## [DATASET RECORDS]
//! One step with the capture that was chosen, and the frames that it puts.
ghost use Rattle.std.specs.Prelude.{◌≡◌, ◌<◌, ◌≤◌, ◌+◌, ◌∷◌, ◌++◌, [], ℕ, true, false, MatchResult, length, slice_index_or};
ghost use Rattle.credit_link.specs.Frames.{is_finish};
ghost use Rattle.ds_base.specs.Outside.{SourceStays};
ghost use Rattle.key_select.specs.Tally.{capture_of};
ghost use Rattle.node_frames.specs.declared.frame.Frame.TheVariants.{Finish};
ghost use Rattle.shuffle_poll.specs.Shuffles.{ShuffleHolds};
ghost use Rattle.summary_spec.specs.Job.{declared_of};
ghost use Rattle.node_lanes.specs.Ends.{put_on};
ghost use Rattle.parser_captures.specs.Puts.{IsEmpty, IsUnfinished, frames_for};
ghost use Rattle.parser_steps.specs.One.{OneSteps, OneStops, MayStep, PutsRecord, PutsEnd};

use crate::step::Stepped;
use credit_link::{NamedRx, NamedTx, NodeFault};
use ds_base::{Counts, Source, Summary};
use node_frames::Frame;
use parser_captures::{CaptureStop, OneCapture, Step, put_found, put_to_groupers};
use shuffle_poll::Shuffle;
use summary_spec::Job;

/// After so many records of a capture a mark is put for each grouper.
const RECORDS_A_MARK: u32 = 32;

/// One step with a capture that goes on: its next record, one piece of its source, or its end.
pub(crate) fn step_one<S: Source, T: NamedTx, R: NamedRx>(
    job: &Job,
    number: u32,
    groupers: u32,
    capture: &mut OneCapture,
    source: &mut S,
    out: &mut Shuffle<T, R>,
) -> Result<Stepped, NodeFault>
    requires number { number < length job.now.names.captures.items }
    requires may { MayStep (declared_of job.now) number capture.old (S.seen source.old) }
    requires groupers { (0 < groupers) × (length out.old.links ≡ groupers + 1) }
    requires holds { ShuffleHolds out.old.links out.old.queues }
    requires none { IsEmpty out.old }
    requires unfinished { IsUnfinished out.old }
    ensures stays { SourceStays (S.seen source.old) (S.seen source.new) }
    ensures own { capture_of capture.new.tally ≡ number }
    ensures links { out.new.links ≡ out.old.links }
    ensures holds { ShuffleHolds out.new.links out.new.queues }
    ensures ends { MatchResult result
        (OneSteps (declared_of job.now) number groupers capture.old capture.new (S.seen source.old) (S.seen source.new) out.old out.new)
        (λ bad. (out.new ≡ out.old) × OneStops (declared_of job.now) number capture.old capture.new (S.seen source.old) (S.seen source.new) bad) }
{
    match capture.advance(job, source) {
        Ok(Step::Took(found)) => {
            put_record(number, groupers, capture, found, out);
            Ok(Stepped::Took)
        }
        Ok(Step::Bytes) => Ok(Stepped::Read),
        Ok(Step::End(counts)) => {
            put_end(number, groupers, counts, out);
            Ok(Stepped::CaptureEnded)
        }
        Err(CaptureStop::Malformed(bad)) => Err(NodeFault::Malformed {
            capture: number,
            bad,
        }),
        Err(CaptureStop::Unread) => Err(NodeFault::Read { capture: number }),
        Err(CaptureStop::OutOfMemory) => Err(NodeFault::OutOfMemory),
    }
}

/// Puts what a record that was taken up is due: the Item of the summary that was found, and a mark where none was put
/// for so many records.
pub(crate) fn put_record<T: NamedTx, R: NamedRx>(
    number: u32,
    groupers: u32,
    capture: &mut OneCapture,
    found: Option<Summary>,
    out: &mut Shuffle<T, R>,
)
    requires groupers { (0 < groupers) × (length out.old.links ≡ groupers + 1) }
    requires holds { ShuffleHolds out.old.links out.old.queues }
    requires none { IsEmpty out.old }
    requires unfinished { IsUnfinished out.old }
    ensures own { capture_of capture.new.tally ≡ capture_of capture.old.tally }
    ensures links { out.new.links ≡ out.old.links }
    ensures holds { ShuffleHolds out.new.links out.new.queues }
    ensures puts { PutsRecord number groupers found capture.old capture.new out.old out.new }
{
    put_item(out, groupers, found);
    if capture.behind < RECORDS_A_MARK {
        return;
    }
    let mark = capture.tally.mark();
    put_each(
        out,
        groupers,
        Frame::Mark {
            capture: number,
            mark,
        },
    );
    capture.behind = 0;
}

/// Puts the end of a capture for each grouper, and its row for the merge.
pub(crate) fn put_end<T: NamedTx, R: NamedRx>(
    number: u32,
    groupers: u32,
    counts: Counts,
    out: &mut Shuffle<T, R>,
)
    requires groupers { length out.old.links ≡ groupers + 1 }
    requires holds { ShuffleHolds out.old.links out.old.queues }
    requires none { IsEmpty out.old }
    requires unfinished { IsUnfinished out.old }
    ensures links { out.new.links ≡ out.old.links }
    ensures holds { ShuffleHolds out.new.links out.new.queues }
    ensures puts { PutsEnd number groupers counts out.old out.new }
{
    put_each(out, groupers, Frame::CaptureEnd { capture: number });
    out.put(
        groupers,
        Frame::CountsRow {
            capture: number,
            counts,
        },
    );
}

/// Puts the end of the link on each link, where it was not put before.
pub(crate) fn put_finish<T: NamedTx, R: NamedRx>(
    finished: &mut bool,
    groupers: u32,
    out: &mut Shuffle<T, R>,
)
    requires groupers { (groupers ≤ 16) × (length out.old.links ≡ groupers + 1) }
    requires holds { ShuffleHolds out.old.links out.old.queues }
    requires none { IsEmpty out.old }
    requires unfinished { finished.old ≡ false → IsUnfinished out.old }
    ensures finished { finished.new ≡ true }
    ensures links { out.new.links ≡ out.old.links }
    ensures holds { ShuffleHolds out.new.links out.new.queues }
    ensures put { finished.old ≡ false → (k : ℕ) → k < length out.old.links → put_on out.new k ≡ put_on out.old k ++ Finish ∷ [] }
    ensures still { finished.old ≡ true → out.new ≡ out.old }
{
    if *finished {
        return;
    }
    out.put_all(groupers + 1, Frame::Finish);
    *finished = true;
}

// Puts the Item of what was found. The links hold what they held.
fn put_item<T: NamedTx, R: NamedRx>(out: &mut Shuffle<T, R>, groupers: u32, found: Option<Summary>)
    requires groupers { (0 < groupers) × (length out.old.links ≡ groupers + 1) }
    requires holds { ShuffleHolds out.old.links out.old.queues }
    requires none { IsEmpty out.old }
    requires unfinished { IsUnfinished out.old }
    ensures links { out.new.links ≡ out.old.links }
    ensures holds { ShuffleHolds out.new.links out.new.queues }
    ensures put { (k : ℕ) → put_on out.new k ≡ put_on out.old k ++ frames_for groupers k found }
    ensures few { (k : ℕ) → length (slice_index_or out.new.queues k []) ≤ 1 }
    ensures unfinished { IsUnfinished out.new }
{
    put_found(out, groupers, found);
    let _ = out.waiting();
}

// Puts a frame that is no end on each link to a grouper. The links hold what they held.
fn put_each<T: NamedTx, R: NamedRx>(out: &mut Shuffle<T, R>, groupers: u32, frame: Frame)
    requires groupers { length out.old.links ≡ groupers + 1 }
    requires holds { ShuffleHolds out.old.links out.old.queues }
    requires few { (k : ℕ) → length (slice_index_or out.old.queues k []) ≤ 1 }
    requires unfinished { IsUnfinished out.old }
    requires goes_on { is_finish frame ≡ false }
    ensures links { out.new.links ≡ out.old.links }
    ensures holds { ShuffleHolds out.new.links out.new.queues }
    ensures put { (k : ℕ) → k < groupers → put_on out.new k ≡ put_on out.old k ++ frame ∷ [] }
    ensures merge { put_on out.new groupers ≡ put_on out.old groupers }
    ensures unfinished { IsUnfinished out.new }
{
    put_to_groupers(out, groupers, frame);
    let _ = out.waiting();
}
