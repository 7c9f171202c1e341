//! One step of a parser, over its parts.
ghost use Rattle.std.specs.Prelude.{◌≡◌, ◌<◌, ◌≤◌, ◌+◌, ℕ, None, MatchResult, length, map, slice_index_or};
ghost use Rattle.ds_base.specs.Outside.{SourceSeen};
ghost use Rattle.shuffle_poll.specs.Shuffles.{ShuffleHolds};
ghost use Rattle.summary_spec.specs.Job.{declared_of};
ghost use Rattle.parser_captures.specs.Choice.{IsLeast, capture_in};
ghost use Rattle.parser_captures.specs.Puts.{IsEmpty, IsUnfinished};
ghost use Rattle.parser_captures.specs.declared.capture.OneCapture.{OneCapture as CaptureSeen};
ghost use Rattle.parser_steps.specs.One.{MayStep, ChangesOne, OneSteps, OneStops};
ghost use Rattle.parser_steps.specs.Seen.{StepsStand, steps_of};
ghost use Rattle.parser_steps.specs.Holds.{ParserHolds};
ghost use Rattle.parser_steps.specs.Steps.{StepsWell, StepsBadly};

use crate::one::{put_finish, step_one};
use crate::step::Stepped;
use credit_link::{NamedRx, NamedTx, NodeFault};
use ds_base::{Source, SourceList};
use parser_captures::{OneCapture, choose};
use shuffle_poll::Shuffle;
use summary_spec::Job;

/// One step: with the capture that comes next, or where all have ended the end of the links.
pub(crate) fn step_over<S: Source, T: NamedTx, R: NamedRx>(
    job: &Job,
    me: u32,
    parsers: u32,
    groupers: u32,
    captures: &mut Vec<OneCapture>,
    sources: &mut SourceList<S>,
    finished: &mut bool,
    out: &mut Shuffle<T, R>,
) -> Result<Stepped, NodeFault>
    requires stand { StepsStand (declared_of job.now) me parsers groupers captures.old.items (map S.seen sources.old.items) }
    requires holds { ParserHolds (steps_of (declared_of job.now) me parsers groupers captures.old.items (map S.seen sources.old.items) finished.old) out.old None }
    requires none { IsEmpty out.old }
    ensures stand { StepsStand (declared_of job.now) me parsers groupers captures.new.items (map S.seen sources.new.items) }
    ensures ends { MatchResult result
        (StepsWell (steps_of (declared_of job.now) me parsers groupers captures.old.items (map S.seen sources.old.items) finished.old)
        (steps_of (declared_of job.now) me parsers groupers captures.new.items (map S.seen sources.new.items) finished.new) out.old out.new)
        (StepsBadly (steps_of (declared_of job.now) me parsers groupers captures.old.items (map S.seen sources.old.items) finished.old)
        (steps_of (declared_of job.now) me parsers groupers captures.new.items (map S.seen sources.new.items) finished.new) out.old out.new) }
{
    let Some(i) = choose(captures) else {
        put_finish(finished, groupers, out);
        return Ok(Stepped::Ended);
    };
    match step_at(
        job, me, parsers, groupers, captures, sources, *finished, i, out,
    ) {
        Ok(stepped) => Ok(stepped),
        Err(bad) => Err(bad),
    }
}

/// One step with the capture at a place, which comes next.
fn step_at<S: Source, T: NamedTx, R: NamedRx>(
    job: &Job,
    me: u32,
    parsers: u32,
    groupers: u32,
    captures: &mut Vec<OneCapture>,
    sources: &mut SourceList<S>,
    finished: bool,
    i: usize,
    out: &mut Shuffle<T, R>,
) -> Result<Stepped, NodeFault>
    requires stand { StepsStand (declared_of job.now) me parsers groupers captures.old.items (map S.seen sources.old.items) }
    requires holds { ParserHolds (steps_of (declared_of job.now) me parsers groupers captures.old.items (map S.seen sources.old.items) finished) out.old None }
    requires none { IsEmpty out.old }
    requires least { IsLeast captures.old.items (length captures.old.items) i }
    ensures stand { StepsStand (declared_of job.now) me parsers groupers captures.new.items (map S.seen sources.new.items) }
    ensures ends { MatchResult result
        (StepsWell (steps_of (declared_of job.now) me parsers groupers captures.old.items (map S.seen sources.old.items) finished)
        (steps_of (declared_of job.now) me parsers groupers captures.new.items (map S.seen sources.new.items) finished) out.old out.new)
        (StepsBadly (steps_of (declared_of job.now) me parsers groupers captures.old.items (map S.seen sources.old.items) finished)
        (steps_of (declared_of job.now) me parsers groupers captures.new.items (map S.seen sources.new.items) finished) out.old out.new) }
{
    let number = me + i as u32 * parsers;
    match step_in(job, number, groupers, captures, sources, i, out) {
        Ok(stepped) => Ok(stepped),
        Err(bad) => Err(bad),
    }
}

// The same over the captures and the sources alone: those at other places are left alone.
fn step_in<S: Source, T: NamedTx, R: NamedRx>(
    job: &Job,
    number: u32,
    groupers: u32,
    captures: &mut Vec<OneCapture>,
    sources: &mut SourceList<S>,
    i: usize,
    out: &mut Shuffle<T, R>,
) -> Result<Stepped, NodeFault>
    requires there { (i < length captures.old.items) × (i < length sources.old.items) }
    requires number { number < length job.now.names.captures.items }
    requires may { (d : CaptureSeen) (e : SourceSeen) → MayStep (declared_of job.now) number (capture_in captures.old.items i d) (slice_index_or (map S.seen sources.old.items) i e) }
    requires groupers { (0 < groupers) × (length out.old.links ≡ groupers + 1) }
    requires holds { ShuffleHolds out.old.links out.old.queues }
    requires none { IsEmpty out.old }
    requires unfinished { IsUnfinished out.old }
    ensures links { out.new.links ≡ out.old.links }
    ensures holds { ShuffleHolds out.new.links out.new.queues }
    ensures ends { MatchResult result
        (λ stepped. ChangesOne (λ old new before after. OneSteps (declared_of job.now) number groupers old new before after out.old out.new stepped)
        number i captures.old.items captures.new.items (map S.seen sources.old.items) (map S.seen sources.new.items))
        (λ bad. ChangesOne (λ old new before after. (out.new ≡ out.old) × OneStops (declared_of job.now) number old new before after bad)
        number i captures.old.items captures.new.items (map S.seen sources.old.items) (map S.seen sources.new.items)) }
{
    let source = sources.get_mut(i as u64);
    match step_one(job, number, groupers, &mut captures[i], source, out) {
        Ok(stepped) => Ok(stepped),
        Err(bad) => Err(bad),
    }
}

## [ACTION ITEM]
From the listing, reproduce every line where the word "Prelude" is present.

## [YOUR RESPONSE]
ghost use Rattle.std.specs.Prelude.{◌≡◌, ◌<◌, ◌≤◌, ◌+◌, ◌∷◌, ◌++◌, [], ℕ, true, false, MatchResult, length, slice_index_or};
ghost use Rattle.std.specs.Prelude.{◌≡◌, ◌<◌, ◌≤◌, ◌+◌, ℕ, None, MatchResult, length, map, slice_index_or};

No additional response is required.